What This Does Not Change
The Eco Green deal does not alter EGA’s dependence on primary aluminium production for the bulk of its revenue. Recycling capacity of 400,000 tonnes, while significant, remains a fraction of EGA’s total output. The financial terms of the acquisition were not disclosed, making it difficult to assess the return profile or how much capital EGA is deploying across its recycling platform.
Regulatory approval is still pending, and the Nogara expansion timeline — early second half of 2026 — introduces execution risk. European scrap markets are also competitive, with established local players and tightening export regulations that could affect supply availability.
Investors looking for a clear earnings impact from this deal will need to wait for more disclosure from EGA on how recycling contributes to its consolidated financials.

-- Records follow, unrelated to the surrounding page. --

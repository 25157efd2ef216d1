// Texts, and what their specifications hold.
ghost use Rattle.std.specs.Prelude.{◌≤◌, IfOk};
ghost use Rattle.spec_text.specs.Extent.{item_count, list_count, nesting};
ghost use Rattle.spec_text.specs.Form.{form_of};
ghost use Rattle.spec_text.specs.KeepsTable.{KeepsTable};

use crate::spec_over;
use spec_text::{Surface, declarations, trees};
use std::alloc::Global;
use std::test::Fail;
use stream_core::{LibForm, Node, Spec};
use stream_types::{Scalar, Ty};
use type_check::check_types;

// The surface of a text without a fault of brackets and forms.
fn surface(alloc: Global, text: &str) -> Result<Surface, Fail>
    ensures { IfOk result (λ s. KeepsTable s × (nesting (form_of s) ≤ 64) × (list_count (form_of s) ≤ 524288) × (item_count (form_of s) ≤ 1048576)) }
{
    let Ok(forest) = trees(alloc, text.as_bytes()) else {
        return Err(Fail::from("brackets"));
    };
    let Ok(surface) = declarations(alloc, &forest) else {
        return Err(Fail::from("forms"));
    };
    Ok(surface)
}

// The specification of a text without faults.
fn read(alloc: Global, text: &str) -> Result<Spec, Fail> {
    let surface = surface(alloc, text)?;
    let Ok(types) = check_types(alloc, &surface) else {
        return Err(Fail::from("types"));
    };
    let Ok(spec) = spec_over(alloc, &surface, types) else {
        return Err(Fail::from("memory"));
    };
    Ok(spec)
}

#[test]
fn forms_are_numbered_in_text_order(rt: HostRuntime) -> Result<(), Fail> {
    let spec = read(
        rt.alloc(),
        "(spec t (extern x Bool) (observer o (since (once x) (yesterday (once x)))))",
    )?;
    assert_eq!(rt; spec.libs().len(), 4);
    assert!(rt; matches!(spec.libs()[0].form, LibForm::Since));
    assert!(rt; matches!(spec.libs()[1].form, LibForm::Once));
    assert!(rt; matches!(spec.libs()[2].form, LibForm::Yesterday));
    assert!(rt; matches!(spec.libs()[3].form, LibForm::Once));
    assert_eq!(rt; spec.libs()[0].at, 36);
    assert_eq!(rt; spec.libs()[3].at, 63);
    assert_eq!(rt; spec.observers().len(), 1);
    let root = spec.observers()[0].root.expr;
    assert!(rt; root.0 < spec.nodes());
    assert!(rt; matches!(*spec.node(root), Node::Lib(0)));
    Ok(())
}

#[test]
fn members_are_named_by_their_numbers(rt: HostRuntime) -> Result<(), Fail> {
    let spec = read(
        rt.alloc(),
        "(spec t (struct P (x Int8) (y Bool)) (extern p P) (observer o (field p y)))",
    )?;
    assert_eq!(rt; spec.observers().len(), 1);
    assert_eq!(rt; spec.observers()[0].root.ty, Ty::Scalar(Scalar::Bool));
    let value = spec.observers()[0].root.expr;
    assert!(rt; value.0 < spec.nodes());
    assert!(rt;
        matches!(
            *spec.node(value),
            Node::Field {
                of: Ty::Struct(0),
                member: 1,
                ..
            }
        )
    );
    Ok(())
}

#[test]
fn equal_expressions_share_their_nodes(rt: HostRuntime) -> Result<(), Fail> {
    let spec = read(
        rt.alloc(),
        "(spec s (extern x Word8) (trigger t true (+ x x) (+ x x)))",
    )?;
    assert_eq!(rt; spec.nodes(), 3);
    assert_eq!(rt; spec.triggers().len(), 1);
    let args = spec.triggers()[0].args.as_slice();
    assert_eq!(rt; args.len(), 2);
    assert_eq!(rt; args[0].expr, args[1].expr);
    Ok(())
}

The most immediate beneficiaries are European manufacturers seeking verified low-carbon aluminium supply. EGA’s growing recycling network gives them a new source with Gulf-backed financial stability. For Mubadala and ICD as shareholders, the recycling push diversifies EGA’s revenue base and aligns the company with tightening EU sustainability regulations — a positioning play that should pay off over the next three to five years.
Gulf Industrials Are Building Global Circular Supply Chains
EGA’s acquisition pattern — Germany in 2024, the US later that year, Italy now — traces a deliberate arc. Gulf-based industrial companies are no longer content to export raw materials and let others capture downstream value. The circular economy, once a European policy buzzword, is becoming a commercial strategy for MENA’s sovereign-backed firms.
As the EU’s Carbon Border Adjustment Mechanism tightens and global automakers demand lower-carbon inputs, companies that control both primary production and recycled supply will hold pricing power. EGA is building exactly that kind of integrated position, and the Eco Green deal is the latest piece in a structure that stretches from Abu Dhabi to Verona to Minnesota.
The 400,000-tonne recycling threshold EGA is crossing now will look like a starting point, not a ceiling, if European demand for low-carbon aluminium follows the trajectory regulators are setting.